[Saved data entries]
########################################

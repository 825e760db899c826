//! Runs by the plain executor: a counting loop (`count`), a deep recursion (`deep`), naive reverse (`reverse`) or a query
//! with very many answers (`digits`).

ghost use Rattle.mc_plain.specs.Running.{IsRun};

use crate::procedures::{DIGITS, PROCEDURES};
use mc_base::Memory;
use mc_model::run::{Limits, Step};
use mc_plain::{Plain, names_all};
use std::alloc::{AllocError, Global};
use std::io;
use test_support::{Word, flat_query, program};

const LIMITS: Limits = Limits {
    budget: 4_000_000_000,
    depth: 100_000_000,
};

/// The goal of a query, by its name.
fn asked(alloc: Global, name: &str, number: i64) -> Result<Vec<Word>, Memory> {
    if name == "count" {
        return one_call(alloc, number, Word::Call(0, &[1, 0]));
    }
    if name == "deep" {
        return one_call(alloc, number, Word::Call(1, &[0, 2]));
    }
    if name == "reverse" {
        return reversed(alloc, number);
    }
    digits(alloc, number)
}

/// A call, where variable 0 is a number and variable 1 is 0.
fn one_call(alloc: Global, number: i64, call: Word) -> Result<Vec<Word>, Memory> {
    let words = [Word::Int(0, number), Word::Int(1, 0), call, Word::All(3)];
    Ok(Vec::from_slice(alloc, &words)?)
}

/// A list of so many numbers, and its reverse.
fn reversed(alloc: Global, number: i64) -> Result<Vec<Word>, Memory> {
    let words = [
        Word::Int(0, number),
        Word::Call(4, &[0, 1]),
        Word::Call(3, &[1, 2]),
        Word::All(3),
    ];
    Ok(Vec::from_slice(alloc, &words)?)
}

/// So many digits, at most six.
fn digits(alloc: Global, number: i64) -> Result<Vec<Word>, Memory> {
    let mut words = Vec::new(alloc);
    for digit in DIGITS {
        if (words.len() as i64) < number {
            words.push(digit)?;
        }
    }
    words.push(Word::All(words.len()))?;
    Ok(words)
}

/// How many answers a query has.
fn answers(alloc: Global, name: &str, number: i64) -> Result<u32, Memory> {
    let words = asked(alloc, name, number)?;
    let flat = flat_query(alloc, PROCEDURES, 6, &[0, 1], &words)?;
    let program = program(alloc, &[("[]", 0), ("[|]", 2)])?;
    if !names_all(&program, &flat.program.code) {
        return Ok(0);
    }
    let run = Plain::query(alloc, &program, flat, LIMITS)?;
    counted(run)
}

/// How many answers a run has, at most 100,000,000.
fn counted(mut run: Plain<'_>) -> Result<u32, Memory>
    requires { IsRun run }
{
    for count in 0..100_000_000u32 {
        match run.next_if_bound()? {
            Some(Step::Answer(_)) => {}
            _ => return Ok(count),
        }
    }
    Ok(100_000_000)
}

fn no_room(_memory: Memory) -> io::Error {
    io::Error::from(AllocError)
}

/// Prints how many answers a query has. The number says how far the loop counts, how deep the recursion is, how long the list,
/// or how many digits an answer has.
pub fn print_answers(rt: &HostRuntime, name: &str, number: i64) -> io::Result<()> {
    let count = answers(rt.alloc(), name, number).map_err(no_room)?;
    println!(rt; "{count} answers")
}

########################################

About this task »
The records are to be repeated in full, exactly as they stand.

Answer section »
repository 825e760db899c826
//! Runs by the plain executor: a counting loop (`count`), a deep recursion (`deep`), naive reverse (`reverse`) or a query
//! with very many answers (`digits`).

ghost use Rattle.mc_plain.specs.Running.{IsRun};

use crate::procedures::{DIGITS, PROCEDURES};
use mc_base::Memory;
use mc_model::run::{Limits, Step};
use mc_plain::{Plain, names_all};
use std::alloc::{AllocError, Global};
use std::io;
use test_support::{Word, flat_query, program};

const LIMITS: Limits = Limits {
    budget: 4_000_000_000,
    depth: 100_000_000,
};

/// The goal of a query, by its name.
fn asked(alloc: Global, name: &str, number: i64) -> Result<Vec<Word>, Memory> {
    if name == "count" {
        return one_call(alloc, number, Word::Call(0, &[1, 0]));
    }
    if name == "deep" {
        return one_call(alloc, number, Word::Call(1, &[0, 2]));
    }
    if name == "reverse" {
        return reversed(alloc, number);
    }
    digits(alloc, number)
}

/// A call, where variable 0 is a number and variable 1 is 0.
fn one_call(alloc: Global, number: i64, call: Word) -> Result<Vec<Word>, Memory> {
    let words = [Word::Int(0, number), Word::Int(1, 0), call, Word::All(3)];
    Ok(Vec::from_slice(alloc, &words)?)
}

/// A list of so many numbers, and its reverse.
fn reversed(alloc: Global, number: i64) -> Result<Vec<Word>, Memory> {
    let words = [
        Word::Int(0, number),
        Word::Call(4, &[0, 1]),
        Word::Call(3, &[1, 2]),
        Word::All(3),
    ];
    Ok(Vec::from_slice(alloc, &words)?)
}

/// So many digits, at most six.
fn digits(alloc: Global, number: i64) -> Result<Vec<Word>, Memory> {
    let mut words = Vec::new(alloc);
    for digit in DIGITS {
        if (words.len() as i64) < number {
            words.push(digit)?;
        }
    }
    words.push(Word::All(words.len()))?;
    Ok(words)
}

/// How many answers a query has.
fn answers(alloc: Global, name: &str, number: i64) -> Result<u32, Memory> {
    let words = asked(alloc, name, number)?;
    let flat = flat_query(alloc, PROCEDURES, 6, &[0, 1], &words)?;
    let program = program(alloc, &[("[]", 0), ("[|]", 2)])?;
    if !names_all(&program, &flat.program.code) {
        return Ok(0);
    }
    let run = Plain::query(alloc, &program, flat, LIMITS)?;
    counted(run)
}

/// How many answers a run has, at most 100,000,000.
fn counted(mut run: Plain<'_>) -> Result<u32, Memory>
    requires { IsRun run }
{
    for count in 0..100_000_000u32 {
        match run.next_if_bound()? {
            Some(Step::Answer(_)) => {}
            _ => return Ok(count),
        }
    }
    Ok(100_000_000)
}

fn no_room(_memory: Memory) -> io::Error {
    io::Error::from(AllocError)
}

/// Prints how many answers a query has. The number says how far the loop counts, how deep the recursion is, how long the list,
/// or how many digits an answer has.
pub fn print_answers(rt: &HostRuntime, name: &str, number: i64) -> io::Result<()> {
    let count = answers(rt.alloc(), name, number).map_err(no_room)?;
    println!(rt; "{count} answers")
}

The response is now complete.